Divide using synthetic division $$ ( 4x^{4}+12x^{3}-13x^{2}+9x-22 ) \div ( x+4 ) $$
Answer
The synthetic division table is:
$$ \begin{array}{c|rrrrr}-4&4&12&-13&9&-22\\& & -16& 16& -12& \color{black}{12} \\ \hline &\color{blue}{4}&\color{blue}{-4}&\color{blue}{3}&\color{blue}{-3}&\color{orangered}{-10} \end{array} $$The solution is:
$$ \frac{ 4x^{4}+12x^{3}-13x^{2}+9x-22 }{ x+4 } = \color{blue}{4x^{3}-4x^{2}+3x-3} \color{red}{~-~} \frac{ \color{red}{ 10 } }{ x+4 } $$Explanation
Step 1 : Write down the coefficients of the dividend into division table. Put the zero from $ x + 4 = 0 $ ( $ x = \color{blue}{ -4 } $ ) at the left.

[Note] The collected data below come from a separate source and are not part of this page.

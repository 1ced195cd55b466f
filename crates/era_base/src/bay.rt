//! A bay: devices by name, which it lends as disks and takes back.

ghost use Rattle.std.specs.Prelude.{◌≡◌, ℕ, ◌+◌, ◌≤◌, List, [], ◌∷◌, ◌++◌, Option, Some, true, IfOk, OnOk, OnErr};
ghost use Rattle.era_base.specs.Disk.{Place};
ghost use Rattle.era_base.specs.Bay.{HasBayCause, Loan, new_loan, IsOut, EndsLoan, IsFree, ReadsAs, NowReadsAs, SameReads, SameReadsBut, KeepsSizes};

use crate::bay_error::BayError;
use crate::disk::Disk;
use std::marker::Send;

/// Devices by name. A device or a range of it that is lent is lent again only once it was put back.
pub trait Bay {
    type D: Disk + Send + Drop;

    /// The size of a device in whole sectors, told at the latest once `size` has answered it.
    ghost sizes: { Self → List ℕ → Option ℕ };

    /// What a sector of a device that isn't lent reads as, where the bay tells it: 512 bytes.
    ghost reads: { Self → List ℕ → ℕ → Option (List ℕ) };

    /// All loans, in the order in which they began.
    ghost loans: { Self → List (Loan Self.D) };

    /// How often the bay has failed.
    ghost faults: { Self → ℕ };

    /// The number of whole sectors of 512 bytes of a device.
    fn size(&mut self, name: &str) -> Result<u64, BayError>
        ensures told { IfOk result (λ size. sizes self.new name.now ≡ Some size) }
        ensures sizes { KeepsSizes (sizes self.old) (sizes self.new) }
        ensures reads { SameReads (reads self.old) (reads self.new) }
        ensures loans { loans self.new ≡ loans self.old }
        ensures cause { HasBayCause (faults self.old) (faults self.new) result };

    /// Lends a whole device.
    fn open_meta(&mut self, name: &str) -> Result<Self::D, BayError>
        ensures lent { IfOk result (λ disk.
            Self.D.place disk ≡ record { device = name.now; first = 0 }) }
        ensures whole { IfOk result (λ disk. sizes self.new name.now ≡ Some (Self.D.sectors disk)) }
        ensures content { IfOk result (λ disk. Self.D.tells ≡ true
            → ReadsAs (reads self.old) name.now 0 (Self.D.sectors disk) (Self.D.history disk).now) }
        ensures free { IfOk result (λ disk. IsFree Self.D.place Self.D.sectors
            (loans self.old) name.now 0 (Self.D.sectors disk)) }
        ensures loans { IfOk result (λ disk.
            loans self.new ≡ loans self.old ++ new_loan disk ∷ []) }
        ensures refused { OnErr result (loans self.new ≡ loans self.old) }
        ensures same { KeepsSizes (sizes self.old) (sizes self.new)
            × SameReads (reads self.old) (reads self.new) }
        ensures cause { HasBayCause (faults self.old) (faults self.new) result };

    /// Lends `sectors` sectors of a device from sector `first` on.
    fn open_part(&mut self, name: &str, first: u64, sectors: u64) -> Result<Self::D, BayError>
        requires { (size : ℕ) → sizes self.old name.now ≡ Some size → first + sectors ≤ size }
        ensures lent { IfOk result (λ disk.
            (Self.D.place disk ≡ record { device = name.now; first = first })
            × (Self.D.sectors disk ≡ sectors)) }
        ensures content { IfOk result (λ disk. Self.D.tells ≡ true
            → ReadsAs (reads self.old) name.now first sectors (Self.D.history disk).now) }
        ensures free { OnOk result (IsFree Self.D.place Self.D.sectors
            (loans self.old) name.now first sectors) }
        ensures loans { IfOk result (λ disk.
            loans self.new ≡ loans self.old ++ new_loan disk ∷ []) }
        ensures refused { OnErr result (loans self.new ≡ loans self.old) }
        ensures same { KeepsSizes (sizes self.old) (sizes self.new)
            × SameReads (reads self.old) (reads self.new) }
        ensures cause { HasBayCause (faults self.old) (faults self.new) result };

    /// Takes a lent disk back. The device then reads there as the disk does.
    fn put_back(&mut self, disk: Self::D)
        requires { (index : ℕ) × IsOut Self.D.place Self.D.sectors
            (loans self.old) (Self.D.place disk) (Self.D.sectors disk) index }
        ensures loans { EndsLoan Self.D.place Self.D.sectors disk
            (loans self.old) (loans self.new) }
        ensures content { Self.D.tells ≡ true
            → NowReadsAs (reads self.new) (Self.D.place disk).device (Self.D.place disk).first
            (Self.D.sectors disk) (Self.D.history disk).now }
        ensures others { SameReadsBut (Self.D.place disk).device (Self.D.place disk).first
            (Self.D.sectors disk) (reads self.old) (reads self.new) }
        ensures sizes { KeepsSizes (sizes self.old) (sizes self.new) }
        ensures same { faults self.new ≡ faults self.old };

    /// How often the bay has failed, up to the greatest value of a `u64`.
    fn faults(&self) -> u64
        ensures { result ≡ faults self.now };
}
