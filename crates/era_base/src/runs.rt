//! Lists of blocks, as runs.

ghost use Rattle.std.specs.Prelude.{◌≡◌, ◌+◌, ◌<◌, ◌≤◌, ℕ, List, [], ◌∷◌, ◌++◌, IfOk, OnOk, OnErr};
ghost use Rattle.era_base.specs.Runs.{AreRuns, EndsBefore, ListExactly};

use crate::faults::Memory;
use crate::run_source::RunSource;
use std::alloc::Global;
use std::marker::Model;

/// Blocks as `(first, last)` pairs, both ends included, ascending and maximal.
#[derive(Debug, Drop)]
pub struct Runs {
    runs: Vec<(u32, u32)>,
}

impl Model for Runs {
    ghost Value = { List (ℕ × ℕ) };

    ghost view = { λ r. r.runs.items };

    ghost invariant = { λ r. AreRuns r.runs.items };
}

impl Runs {
    /// No blocks. It takes no memory.
    pub fn new(alloc: Global) -> Runs
        ensures { result ≡ [] }
    {
        Runs {
            runs: Vec::new(alloc),
        }
    }

    /// The listed blocks of a source. It takes memory for the runs alone.
    pub fn of<S: RunSource>(alloc: Global, source: &S) -> Result<Runs, Memory>
        ensures { IfOk result (λ runs. ListExactly runs (S.has source.now)) }
    {
        let mut runs = Runs::new(alloc);
        let mut from = 0;
        while let Some((first, last)) = source.next_run(from) {
            runs.push(first, last)?;
            from = last + 1;
        }
        Ok(runs)
    }

    /// Adds the run of the blocks `first` to `last`, both included, behind the others. It doesn't touch the last one.
    pub fn push(&mut self, first: u32, last: u32) -> Result<(), Memory>
        requires some { first ≤ last }
        requires behind { EndsBefore self.old first }
        ensures ok { OnOk result (self.new ≡ self.old ++ (first, last) ∷ []) }
        ensures err { OnErr result (self.new ≡ self.old) }
    {
        self.runs.push((first, last))?;
        Ok(())
    }

    /// The runs.
    pub fn as_slice(&self) -> &[(u32, u32)]
        ensures value { result.now ≡ self.now }
        ensures runs { AreRuns self.now }
    {
        self.runs.as_slice()
    }
}
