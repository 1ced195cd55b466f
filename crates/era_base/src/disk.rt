//! A disk: sectors of 512 bytes that are read, written and synced.
//!
//! A sector is pending from the beginning of a write of it until a sync that begins later answers Ok, and a crash may
//! leave any bytes in pending sectors. An `impl` that wraps a real device and tells of it must count the sectors of a
//! write as pending in the state after the write: it vouches that a crash inside the call leaves no other images.

ghost use Rattle.std.specs.Prelude.{◌≡◌, ℕ, Bool, true, length};
ghost use Rattle.era_base.specs.Faults.{HasCause};
ghost use Rattle.era_base.specs.CrashModel.{History, IsWhole, LiesOn};
ghost use Rattle.era_base.specs.Disk.{Place, Reads, Writes, Syncs};

use crate::faults::Failed;

/// A disk of a fixed number of sectors.
pub trait Disk {
    /// Whether disks of this type tell of their content.
    ghost tells: { Bool };

    /// The device and the first sector of it that is the disk's.
    ghost place: { Self → Place };

    /// How many sectors the disk has.
    ghost sectors: { Self → ℕ };

    /// The states of the disk, one for each moment up to now. Each read, write and sync is one moment.
    ghost history: { Self → History };

    /// How often the disk has failed.
    ghost faults: { Self → ℕ };

    /// The number of sectors of 512 bytes.
    fn sectors(&self) -> u64
        ensures { result ≡ sectors self.now };

    /// Reads whole sectors from sector `first` on.
    fn read(&mut self, first: u64, into: &mut [u8]) -> Result<(), Failed>
        requires { LiesOn (sectors self.old) first (length into.old) }
        ensures told { tells ≡ true
            → Reads first into.new result (history self.old) (history self.new) }
        ensures size { sectors self.new ≡ sectors self.old }
        ensures place { place self.new ≡ place self.old }
        ensures cause { HasCause (faults self.old) (faults self.new) result };

    /// Writes whole sectors from sector `first` on. They are pending until a later sync answers Ok. After a failure
    /// a read of them may give any bytes, until they are written again.
    fn write(&mut self, first: u64, bytes: &[u8]) -> Result<(), Failed>
        requires { LiesOn (sectors self.old) first (length bytes.now) }
        ensures told { tells ≡ true
            → Writes first bytes.now result (history self.old) (history self.new) }
        ensures size { sectors self.new ≡ sectors self.old }
        ensures place { place self.new ≡ place self.old }
        ensures cause { HasCause (faults self.old) (faults self.new) result };

    /// Makes all that was written last over a crash. After a failure what was pending is still pending.
    fn sync(&mut self) -> Result<(), Failed>
        ensures told { tells ≡ true → Syncs result (history self.old) (history self.new) }
        ensures size { sectors self.new ≡ sectors self.old }
        ensures place { place self.new ≡ place self.old }
        ensures cause { HasCause (faults self.old) (faults self.new) result };

    /// How often the disk has failed, up to the greatest value of a `u64`.
    fn faults(&self) -> u64
        ensures { result ≡ faults self.now };

    /// The present state has as many bytes and flags as the disk has sectors.
    ghost whole: { (disk : Self) → tells ≡ true → IsWhole (sectors disk) (history disk).now };
}
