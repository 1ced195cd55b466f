//! The events of one command as its reply names them.

ghost use Rattle.std.specs.Prelude.{◌≡◌, ◌<◌, ◌≤◌, ℕ, List, [], ◌∷◌, ◌++◌, length, take};

use std::marker::Model;

/// Up to 24 pairs of an event's letter, as an ASCII byte, and its place, which is its number in the order of all events.
#[derive(Debug, Drop)]
pub struct Trail {
    pairs: [(u8, u64); 24],
    len: usize,
}

impl Model for Trail {
    ghost Value = { List (ℕ × ℕ) };

    ghost view = { λ t. take t.len t.pairs };

    ghost invariant = { λ t. t.len ≤ 24 };
}

impl Trail {
    /// No events.
    pub fn new() -> Trail
        ensures { result ≡ [] }
    {
        Trail {
            pairs: [(0, 0); 24],
            len: 0,
        }
    }

    /// Adds an event behind the others.
    pub fn push(&mut self, letter: u8, place: u64)
        requires { length self.old < 24 }
        ensures { self.new ≡ self.old ++ (letter, place) ∷ [] }
    {
        self.pairs[self.len] = (letter, place);
        self.len += 1;
    }

    /// The pairs in order.
    pub fn as_slice(&self) -> &[(u8, u64)]
        ensures value { result.now ≡ self.now }
        ensures room { length self.now ≤ 24 }
    {
        &self.pairs[..self.len]
    }
}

$$ \begin{array}{c|rrrrr}\color{blue}{-4}&4&12&-13&9&-22\\& & & & & \\ \hline &&&&& \end{array} $$Step 1 : Bring down the leading coefficient to the bottom row.
$$ \begin{array}{c|rrrrr}-4&\color{orangered}{ 4 }&12&-13&9&-22\\& & & & & \\ \hline &\color{orangered}{4}&&&& \end{array} $$Step 2 : Multiply by the number on the left, and carry the result into the next column: $ \color{blue}{ -4 } \cdot \color{blue}{ 4 } = \color{blue}{ -16 } $.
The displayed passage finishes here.